I believe that the pre-trained model should be able to predict casuality between any two genes. The model provided is trained by a filtered KEGG dataset. I guess the edge direction is the causality you really want. Of course, you can also generate gene pair label list as you like and train a new model by yourself.

Ah that makes a lot of sense. I have a lot of gene pairs with unknown labels. I have single cell data for these gene pairs, and would like to figure out the causality between these two genes. Based on your previous response, I think I can use the pretrained model to do this. Please correct me if I am wrong.

If I have this data, would all I have to do is input the histogram of these two genes into the model? Or is there another process to do this?

There are some problems. I thought you are trying to use scRNA-seq data we provided. If so, (and if you want to use the pre trained model) what you need to do is to 1) geneate the histogram matrix for these two genes, 2) use the pretrained model to predict them. But plz bear in mind that the expression data we provide contains hundreds of cell types, so it is an ideal dataset for KEGG prediction which also contains regulation networks from different cell types. and plz note that when do the TF target prediction, we use cell type specific expression data and chip-seq as groundtruth which is also cell type specific.

If you want to use you own scRNA-seq data, you need 1) create a gene pair list with label which can be done using KEGG or Reactome or other datasets , you can also use the list we provide;2) generate histogram using the gene pair list; 3) train a new model; 4) do prediction for unknown gene pairs.
Hope it helps.

Ah ok that makes sense. Why do i need to retrain the model if I use my own scRNA-seq data, if I'll be training on the same dataset you had trained it on?

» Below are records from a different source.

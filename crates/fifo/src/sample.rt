// One sample over a lent memory.
ghost use Rattle.chip.specs.Answer.{answer_of};
ghost use Rattle.chip.specs.Quiet.{held};
ghost use Rattle.chip.specs.State.{widths};
ghost use Rattle.fifo.specs.Outcome.{Refused, Taken, sampled_in_numbers};
ghost use Rattle.fifo.specs.Sample.{Gives, Samples, Steps, RefusesRecord, is_depth, taken, took};
ghost use Rattle.fifo.specs.Still.{still};
ghost use Rattle.refusal_kinds.specs.Numbers.{number, number_of};
ghost use Rattle.std.specs.Prelude.{true, ◌≡◌};

use chip::advance::Advanced;
use chip::state::State;
use counts::part::Part;
use pins::record::Pins;
use refusal_kinds::Refusal;

// Taken with its packed answer, or refused.
#[derive(Clone, Copy)]
pub struct Sampled {
    pub outcome: Result<u32, Refusal>,
    pub state: State,
}

pub fn sample(part: u32, record: u32, state: State, memory: &mut [u32]) -> Sampled
    ensures { Samples part «record» state memory.old (sampled_in_numbers result) memory.new }
{
    let looked_up = counts::part::look_up(part);
    let Some(known) = looked_up else {
        return turn_away(Refusal::UnknownPart, state);
    };
    if is_depth(known, memory.len()) {
        if chip::state::passes_test(known, state) {
            step(known, record, state, memory)
        } else {
            turn_away(Refusal::UnfitState, state)
        }
    } else {
        turn_away(Refusal::WrongLength, state)
    }
}

// One record once part, memory and state have passed their tests: what a single sample and a run share.
pub fn step(part: Part, record: u32, state: State, memory: &mut [u32]) -> Sampled
    requires { widths part state ≡ true }
    ensures { Steps part «record» state memory.old (sampled_in_numbers result) memory.new }
{
    if is_still(record, state) {
        hold(part, pins::record::decode(record), state)
    } else {
        take_or_turn_away(part, record, state, memory)
    }
}

// Such a record is never refused and moves only what is remembered of the pins: neither the refusals nor the memory need be looked at.
#[tactic(auto, unfolding(crate::specs::Still::still))]
pub fn is_still(record: u32, state: State) -> bool
    ensures { result ≡ still «record» state }
{
    let p = pins::record::decode(record);
    state.started & chip::quiet::is_quiet(p, state)
}

// What such a record gives.
pub fn hold(part: Part, p: Pins, state: State) -> Sampled
    ensures { sampled_in_numbers result ≡ record { outcome = Taken (answer_of part p state); state = held p state } }
{
    let answer = chip::answer::answer(part, p, state);
    let held = chip::quiet::hold(p, state);
    Sampled {
        outcome: Ok(answer),
        state: held,
    }
}

fn take_or_turn_away(part: Part, record: u32, state: State, memory: &mut [u32]) -> Sampled
    requires { widths part state ≡ true }
    ensures { Steps part «record» state memory.old (sampled_in_numbers result) memory.new }
{
    match refuse_record(part, record, state) {
        None => take(part, pins::record::decode(record), state, memory),
        Some(refusal) => turn_away(refusal, state),
    }
}

pub fn is_depth(part: Part, words: usize) -> bool
    ensures { result ≡ is_depth part words }
{
    words == usize::from(counts::part::depth(part))
}

// The first refusal that applies to a record of four bytes: 5 to 10 or 12.
#[tactic(auto, unfolding(crate::specs::Sample::record_refusal))]
pub fn refuse_record(part: Part, record: u32, state: State) -> Option<Refusal>
    ensures { RefusesRecord part «record» state (number_of result) }
{
    refusals::refuse::refusal(part, pins::record::decode(record), state)
}

// What a sample that is not refused gives.
#[tactic(auto, unfolding(crate::specs::Sample::taken))]
pub fn take(part: Part, p: Pins, state: State, memory: &mut [u32]) -> Sampled
    requires { widths part state ≡ true }
    ensures { Gives (taken part p state memory.old) (sampled_in_numbers result) memory.new }
{
    let fetched = super::memory::fetch_for(part, state, memory);
    let advanced = chip::advance::advance(part, p, fetched, state);
    give(advanced, memory)
}

// What comes of an advance: its word stored, its answer and the next state handed back.
pub fn give(advanced: Advanced, memory: &mut [u32]) -> Sampled
    ensures { Gives (took advanced memory.old) (sampled_in_numbers result) memory.new }
{
    let store = advanced.store;
    super::memory::put_away(store, memory);
    let next = advanced.state;
    Sampled {
        outcome: Ok(advanced.answer),
        state: next,
    }
}

fn turn_away(refusal: Refusal, state: State) -> Sampled
    ensures { sampled_in_numbers result ≡ record { outcome = Refused (number refusal); state = state } }
{
    Sampled {
        outcome: Err(refusal),
        state,
    }
}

Thank you so much for answering these questions. I am not experienced in scRNA-seq nor Deep Learning, but trying to learn as much as I can...

You are welcome.
For supervised learning, we should keep the input as consistent as possible, the ideal case is that all the inputs are iid (independent and identicial distribtuion). if you want, you can also use the pre trained model for your own scRNA-seq data, but I am afraid the result would be worse.

I see, so the KEGG data that I use to train the model should be consistent with the data that I input. And the result would be worse if I use the pre-trained model because the dataset used to train isn't optimized for my specific dataset?

Correct!

So sorry for the late response, but that makes a lot of sense! I will give this a go, and will circle back with any issues I get. Thanks again for your help!